The trustee argues that because the payment to the bank was “set in motion” before bankruptcy, it was made “before Du-que’s bankruptcy filing on May 19, 1983.” As stated by the trustee:
“The most believable version of this interesting transaction is that Duque borrowed the $2,000,000 from City National Bank on April 29, 1983, using Mr. Londono as his ‘facilitator’. This much has been acknowledged by the Eleventh Circuit Court of Appeal [sic] in Nordberg v. Carolina Sanchez, et al., 813 F.2d 1177 (11th Cir.1987). Then, after receiving a loan from Arab Banking Corporation, Duque repaid the Defendant its $2,000,000 over the period May 10 — 20, 1983, again using Mr. Londono (among other entities as described above) as his ‘conduit’ for making the payment. The Trustee demonstrated at trial that City National Bank was a creditor of Duque, and that Duque made his $2,000,000 payment to the Defendant on account of an antecedent debt ...
“From the discussion above, it is clear that the payment ‘set in motion’ by Du-que to the Defendant on May 10, 1983 was a payment made within the ‘preference period’ before Duque’s bankruptcy filing on May 19, 1983.” Trustee’s post-trial letter memorandum of June 22, 1987. pp. 5-6.
The transfer date for the purposes of § 547 is specified in § 547(e)(2)(A) to be:
“the time such transfer takes effect between the transferor and the transferee.”
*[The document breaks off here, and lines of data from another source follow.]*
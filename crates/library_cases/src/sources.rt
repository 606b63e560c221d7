use beam_values::{Args, Bytes, NoMemory, SourceKind};
use case_files::Case;
use plain_model::{Emitted, emission, lines, next_position};
use std::alloc::Global;

/// The greatest count and number of a source that reads no file.
const MOST: u64 = 1_000_000;

/// The lines of a file.
pub fn answer_lines(case: &mut Case<'_>) {
    let file = case.text();
    match lines(case.alloc(), file.as_slice()) {
        Ok(lines) => {
            for line in lines.as_slice() {
                case.say_text(line.as_slice());
            }
            if lines.is_empty() {
                case.say("none");
            }
        }
        Err(refused) => case.no_memory(refused),
    }
}

// A source that reads a file, or one with a count and a number.
#[derive(Drop)]
enum Source {
    File(SourceKind, Bytes),
    Counted(SourceKind, u64, u64),
}

// `lines TEXT`, `timed TEXT`, `count COUNT STEP` or `made COUNT NUMBER`.
fn read_source(case: &mut Case<'_>) -> Source {
    match case.word() {
        "lines" => Source::File(SourceKind::Lines, case.text()),
        "timed" => Source::File(SourceKind::TimedLines, case.text()),
        "count" => Source::Counted(SourceKind::Count, case.number(), case.number()),
        "made" => Source::Counted(SourceKind::Made, case.number(), case.number()),
        _ => {
            case.fail("there is no such source");
            Source::Counted(SourceKind::Count, 0, 0)
        }
    }
}

/// What a position of a source emits.
pub fn answer_emission(case: &mut Case<'_>) {
    let source = read_source(case);
    let p = case.number();
    match emitted_at(case.alloc(), &source, p) {
        Some(Ok(emitted)) => say_emitted(&emitted, case),
        Some(Err(refused)) => case.no_memory(refused),
        None => case.fail("the source has no such position"),
    }
}

fn emitted_at(alloc: Global, source: &Source, p: u64) -> Option<Result<Emitted, NoMemory>> {
    match source {
        Source::File(work, file) => emitted_in_file(alloc, *work, file.as_slice(), p),
        Source::Counted(work, count, number) => emitted_in_count(alloc, *work, *count, *number, p),
    }
}

fn emitted_in_file(
    alloc: Global,
    work: SourceKind,
    file: &[u8],
    p: u64,
) -> Option<Result<Emitted, NoMemory>> {
    match work {
        SourceKind::Lines | SourceKind::TimedLines if p < file.len() as u64 => {
            Some(emission(alloc, work, &Args::Nothing, file, p))
        }
        _ => None,
    }
}

fn emitted_in_count(
    alloc: Global,
    work: SourceKind,
    count: u64,
    number: u64,
    p: u64,
) -> Option<Result<Emitted, NoMemory>> {
    match work {
        SourceKind::Count | SourceKind::Made if p < count && count <= MOST && number <= MOST => {
            Some(emission(alloc, work, &Args::Two(count, number), b"", p))
        }
        _ => None,
    }
}

fn say_emitted(emitted: &Emitted, case: &mut Case<'_>) {
    let Emitted::Emits { values, declared } = emitted else {
        return case.say("poison");
    };
    for value in values.as_slice() {
        case.say_number(value.time.ms());
        case.say_value(&value.value);
    }
    match declared {
        Some(mark) => {
            case.say("mark");
            case.say_number(mark.ms());
        }
        None if values.is_empty() => case.say("none"),
        None => {}
    }
}

/// The position after one of a source.
pub fn answer_next(case: &mut Case<'_>) {
    let source = read_source(case);
    let p = case.number();
    match next_at(&source, p) {
        Some(next) => case.say_number(next),
        None => case.fail("the source has no such position"),
    }
}

fn next_at(source: &Source, p: u64) -> Option<u64> {
    match source {
        Source::File(work, file) => next_in_file(*work, file.as_slice(), p),
        Source::Counted(work, _, _) => next_number(*work, p),
    }
}

fn next_in_file(work: SourceKind, file: &[u8], p: u64) -> Option<u64> {
    match work {
        SourceKind::Lines | SourceKind::TimedLines if p < file.len() as u64 => {
            Some(next_position(work, file, p))
        }
        _ => None,
    }
}

fn next_number(work: SourceKind, p: u64) -> Option<u64> {
    match work {
        SourceKind::Count | SourceKind::Made if p < MOST => Some(next_position(work, b"", p)),
        _ => None,
    }
}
I reject the trustee’s contention that the transfer took effect when it was set in motion. The transfer took effect when the bank received the $2 million payment. See Askin Marine Co. v. Conner (In re Conner), 733 F.2d 1560, 1562 (11th Cir.1984); McClendon v. Cal-Wood Door (In re Wadsworth Bldg. Components, Inc.), 711 F.2d 122, 123 (9th Cir.1983); Nixon v. I.R.S. (Matter of Her Majesties Stout Shop, Inc.), 65 B.R. 145, 147 (Bankr.M.D.Fla.1986). The trustee’s case must fail for this reason.
I am aware, of course, that § 549 permits a trustee to avoid post-petition transfers under specified circumstances. However, the trustee did not proceed alternatively under nor did he argue the applicability of that statutory section.2 He proceeded specifically and solely under §§ 547 and 550. The defendant bank did not argue or otherwise consider the applicability of § 549. I have not, therefore, pursued an issue raised by neither party, each of which is represented by experienced bankruptcy counsel. See Sylvan Beach, Inc. v. Koch, 140 F.2d 852, 861-62 (8th Cir.1944); C. Wright, A. Miller & M. Kane, Federal Practice and Procedure: Civil 2d § 2662 (1983). Presumably there was a good reason in this case to disregard § 549.
As is required by B.R. 9021(a), a separate judgment will be entered dismissing this complaint with prejudice. Costs may be taxed on motion.

. The parties have adopted a factual stipulation between another bankruptcy trustee and this defendant in that trustee’s unsuccessful effort to recover a part of this transfer for the estate of a related debtor. Nordberg v. Sanchez (In re Chase & Sanborn Corp.), Adv. No. 85-1041, (Bankr.S.D.Fla. Oct. 7, 1985). That decision was affirmed by the District Court and by the Court of Appeals, where the facts are also stated. In re Chase & Sanborn, 813 F.2d 1177 (11th Cir.1987).

. On July 7 after this decision had been prepared, but before its release, the trustee first referred to § 549 in a supplemental memorandum filed 16 days after the date counsel had accepted as a deadline for their post-trial memo-randa. I have not considered that argument.